• **Collected data entries**:
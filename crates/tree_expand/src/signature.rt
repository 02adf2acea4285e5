//! What is compared of the function types of a module type: their parameters and results as they are written, offsets aside.

ghost use Rattle.std.specs.Prelude.{◌≡◌, ◌+◌, List, IfOk, OnOk, map, option_map, length};
ghost use Rattle.comp_model.specs.CoreModules.{CoreModule};
ghost use Rattle.comp_model.specs.Model.{row};
ghost use Rattle.comp_tree.specs.Model.{reach_of, core_value_of, core_reference, leaf_of};
ghost use Rattle.comp_tree.specs.Lists.{listed, node_of, nodes_listed};
ghost use Rattle.tree_expand.specs.Written.{written_reach, written_value, written_lone, written_leaf_value, written_entry, written_list, written_leaf, written_signature, parts_references, signature_references};
ghost use Rattle.tree_expand.specs.Keys.{reach_key, value_key, entry_key, signature_key};

use crate::parts::pass;
use comp_model::Row;
use comp_tree::{CoreValue, Leaf, Node, Reach};
use std::alloc::{AllocError, Global};
use wast_parser::Index;

/// How far the name of a core type is looked for.
#[derive(Clone, Copy, PartialEq, Eq, PartialOrd, Ord)]
pub(crate) enum WrittenReach<'a> {
    /// Outward from the innermost scope.
    Outward,
    /// In the innermost scope alone.
    Own,
    /// In the scope so many scopes outward.
    Counted(u32),
    /// In the scope with this id: its name, and the number that tells generated ones apart.
    Named(&'a str, u64),
}

/// A core value type.
#[derive(Clone, Copy, PartialEq, Eq, PartialOrd, Ord)]
pub(crate) enum WrittenValue<'a> {
    /// `i32`.
    I32,
    /// `i64`.
    I64,
    /// `f32`.
    F32,
    /// `f64`.
    F64,
    /// `v128`.
    V128,
    /// A reference to a function, and whether it is nullable.
    RefFunc(bool),
    /// A reference to a value of the host, and whether it is nullable.
    RefExtern(bool),
    /// A reference to a value of the core type of an index, and whether it is nullable.
    RefNumber(bool, u32),
    /// A reference to a value of the core type of an id, by its name and its number, and whether it is nullable.
    RefName(bool, WrittenReach<'a>, &'a str, u64),
}

/// A parameter or a result.
#[derive(Clone, Copy, PartialEq, Eq, PartialOrd, Ord)]
pub(crate) struct WrittenEntry<'a> {
    /// The number of its row.
    row: u32,
    /// Its type.
    value: WrittenValue<'a>,
}

/// A function type.
#[derive(PartialEq, Eq, PartialOrd, Ord, Drop)]
pub(crate) struct Signature<'a> {
    /// The parameters, in order.
    params: Vec<WrittenEntry<'a>>,
    /// The results, in order.
    results: Vec<WrittenEntry<'a>>,
}

/// How far a name is looked for, as it is compared.
fn reach_written<'t, 'a>(reach: Reach<'t, 'a>) -> WrittenReach<'a>
    ensures { reach_key result ≡ written_reach (reach_of reach.entry) }
{
    match reach {
        Reach::Outward => WrittenReach::Outward,
        Reach::Own => WrittenReach::Own,
        Reach::At(place) => match place.scope {
            Index::Num(count, _) => WrittenReach::Counted(count),
            Index::Id(id) => WrittenReach::Named(id.name(), id.number()),
        },
    }
}

/// A reference to a value of a core type, as it is compared.
fn reference_written<'t, 'a>(
    nullable: bool,
    reach: Reach<'t, 'a>,
    index: Index<'a>,
) -> WrittenValue<'a>
    ensures { Some (value_key result) ≡ written_value (core_reference nullable (reach_of reach.entry) index.entry) }
{
    match index {
        Index::Num(number, _) => WrittenValue::RefNumber(nullable, number),
        Index::Id(id) => WrittenValue::RefName(
            nullable,
            reach_written(reach),
            id.name(),
            id.number(),
        ),
    }
}

/// A core value type, as it is compared; `None` for another type, which is equal to none.
fn value_written<'t, 'a>(value: CoreValue<'t, 'a>) -> Option<WrittenValue<'a>>
    ensures { option_map value_key result ≡ written_value (core_value_of value.entry) }
{
    match value {
        CoreValue::I32 => Some(WrittenValue::I32),
        CoreValue::I64 => Some(WrittenValue::I64),
        CoreValue::F32 => Some(WrittenValue::F32),
        CoreValue::F64 => Some(WrittenValue::F64),
        CoreValue::V128 => Some(WrittenValue::V128),
        CoreValue::RefFunc(nullable) => Some(WrittenValue::RefFunc(nullable)),
        CoreValue::RefExtern(nullable) => Some(WrittenValue::RefExtern(nullable)),
        CoreValue::RefConcrete(nullable, concrete) => Some(reference_written(
            nullable,
            concrete.reach,
            concrete.index,
        )),
        CoreValue::Other => None,
    }
}

/// The core value type that a leaf is, if it is one that is compared.
fn leaf_value_written<'t, 'a>(leaf: Leaf<'t, 'a>) -> Option<WrittenValue<'a>>
    ensures { (cores : List CoreModule) → option_map value_key result ≡ written_leaf_value (leaf_of cores leaf.entry) }
{
    match leaf {
        Leaf::CoreValue(value) => value_written(value),
        Leaf::Core(_) => None,
        _ => None,
    }
}

/// The core value type that is the only leaf of an entry, if it is one that is compared.
fn lone_written<'t, 'a>(leaves: &[Leaf<'t, 'a>]) -> Option<WrittenValue<'a>>
    ensures { (cores : List CoreModule) → option_map value_key result ≡ written_lone (listed cores leaves.now) }
{
    if leaves.len() == 1 {
        leaf_value_written(leaves[0])
    } else {
        None
    }
}

/// A parameter or a result, if it is compared.
fn entry_written<'t, 'a>(row: Row, leaves: &[Leaf<'t, 'a>]) -> Option<WrittenEntry<'a>>
    ensures { (cores : List CoreModule) → option_map entry_key result ≡ written_entry row (listed cores leaves.now) }
{
    match lone_written(leaves) {
        Some(value) => Some(WrittenEntry {
            row: row.number(),
            value,
        }),
        None => None,
    }
}

/// Parameters or results, if all of them are compared.
fn list_written<'t, 'a>(
    alloc: Global,
    nodes: &[Node<'t, 'a>],
) -> Result<Option<Vec<WrittenEntry<'a>>>, AllocError>
    ensures { (cores : List CoreModule) → IfOk result (λ r. option_map (λ v. map entry_key v.items) r ≡ written_list (nodes_listed cores nodes.now)) }
{
    let mut entries = Vec::new(alloc);
    for node in nodes {
        match entry_written(node.row, node.leaves) {
            Some(entry) => entries.push(entry)?,
            None => return Ok(None),
        }
    }
    Ok(Some(entries))
}

/// The parameters or results that a leaf lists, if all of them are compared.
fn leaf_written<'t, 'a>(
    alloc: Global,
    leaf: Leaf<'t, 'a>,
) -> Result<Option<Vec<WrittenEntry<'a>>>, AllocError>
    ensures { (cores : List CoreModule) → IfOk result (λ r. option_map (λ v. map entry_key v.items) r ≡ written_leaf (leaf_of cores leaf.entry)) }
{
    match leaf.as_nodes() {
        Some(nodes) => list_written(alloc, nodes),
        None => Ok(None),
    }
}

/// What is compared of a function type with these leaves; `None` where it is equal to none. It is refused where memory ran out.
pub(crate) fn signature_written<'t, 'a>(
    alloc: Global,
    leaves: &[Leaf<'t, 'a>],
) -> Result<Option<Signature<'a>>, AllocError>
    ensures { (cores : List CoreModule) → IfOk result (λ r. option_map signature_key r ≡ written_signature (listed cores leaves.now)) }
{
    if leaves.len() != 2 {
        return Ok(None);
    }
    match leaf_written(alloc, leaves[0])? {
        None => Ok(None),
        Some(params) => match leaf_written(alloc, leaves[1])? {
            None => Ok(None),
            Some(results) => Ok(Some(Signature { params, results })),
        },
    }
}

/// Passes the references of parameters or results.
fn pass_entries<'a>(entries: &[WrittenEntry<'a>], reference: &mut u32) -> Result<(), AllocError>
    ensures { OnOk result (reference.new ≡ reference.old + parts_references (map entry_key entries.now)) }
{
    for entry in entries {
        match entry.value {
            WrittenValue::RefNumber(_, _) => pass(reference)?,
            WrittenValue::RefName(_, _, _, _) => pass(reference)?,
            _ => {}
        }
    }
    Ok(())
}

impl<'a> Signature<'a> {
    /// Passes the references of the function type.
    pub(crate) fn pass(&self, reference: &mut u32) -> Result<(), AllocError>
        ensures { OnOk result (reference.new ≡ reference.old + signature_references (signature_key self.now)) }
    {
        pass_entries(&self.params, reference)?;
        pass_entries(&self.results, reference)
    }
}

• **Problem details**: Look above for the line holding "use crate::parts::pass;". Print it and every line after it, exactly, through the line holding "core value type.".

• **Written solution**:
use crate::parts::pass;
use comp_model::Row;
use comp_tree::{CoreValue, Leaf, Node, Reach};
use std::alloc::{AllocError, Global};
use wast_parser::Index;

/// How far the name of a core type is looked for.
#[derive(Clone, Copy, PartialEq, Eq, PartialOrd, Ord)]
pub(crate) enum WrittenReach<'a> {
    /// Outward from the innermost scope.
    Outward,
    /// In the innermost scope alone.
    Own,
    /// In the scope so many scopes outward.
    Counted(u32),
    /// In the scope with this id: its name, and the number that tells generated ones apart.
    Named(&'a str, u64),
}

/// A core value type.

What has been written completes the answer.